I’m trying to test the performance of TX2 under different quantized TensorFlow models of TFlite formate. The frozen .pb can directly run on TX2, but uint8 and float16 TFlite models cannot run directly on TX2. I have tried some methods but I only get bugs, so here I want to know if TX2 do support TFlite and if there are some references? Thanks for your help.
How do you run your model?
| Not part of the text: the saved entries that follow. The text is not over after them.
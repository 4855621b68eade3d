//! A launched chunk of a nest, with what is predicted of it.

use domain::{Chunk, Instance, Prediction};
use follow::How;
use nest_lang::{Nest, Outer};

/// A chunk of turns of a nest, from a position of its outermost loop, with what is predicted of it. The nest is of a
/// file with so many scalars (at most 16).
#[derive(Clone, Copy)]
pub struct Task<'a, const D: usize> {
    pub nest: &'a Nest,
    pub pred: &'a Prediction<D>,
    pub scalars: u8,
    pub outer: Outer,
    pub chunk: Chunk,
}

/// The first thing that is not as it is predicted: at which instance, and how.
#[derive(Clone, Copy, Debug, PartialEq, Eq)]
pub struct Deviation<const D: usize> {
    pub at: Instance<D>,
    pub how: How,
}

/// How instances were followed: to the end, in so many steps, or to the first that differs.
#[derive(Clone, Copy, Debug, PartialEq, Eq)]
pub enum Followed<const D: usize> {
    Same { steps: u64 },
    Differs(Deviation<D>),
}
TensorFlow or TensorRT?
If you are using TensorFlow, which package do you install?
I used TensorFlow installed from JetPack Nvidia SDK manager of TX2, and its version is 1.14.0.
So this issue should be if TensorFlow standard support TensorFlow lite model.
It’s recommended to check the TensorFlow team for a better answer.
The package from JetPack is built from TensorFlow standard branch.
I can run the TFlite model with TensorFlow CPU, but when I run it with TX2 (GPU or CPU), I get some error:
RuntimeError: tensorflow/lite/kernels/dequantize.cc:62 op_context.input->type == kTfLiteUInt8 || op_context.input->type == kTfLiteInt8 was not true.Node number 0 (DEQUANTIZE) failed to prepare
So I come here to find if TX2 TensorFlow supports TFlite models.
Sorry to keep you waiting.
Is this can also be reproduced with our latest TensorFlow version?
If yes, would you mind to share a TFlite and a simple script to reproduce this issue.
We will pass this issue to our internal team for suggestion.
Sorry for not responding.
I am focusing on some other issues now, so when I turn back to tx2 TFlite, I will try your advice.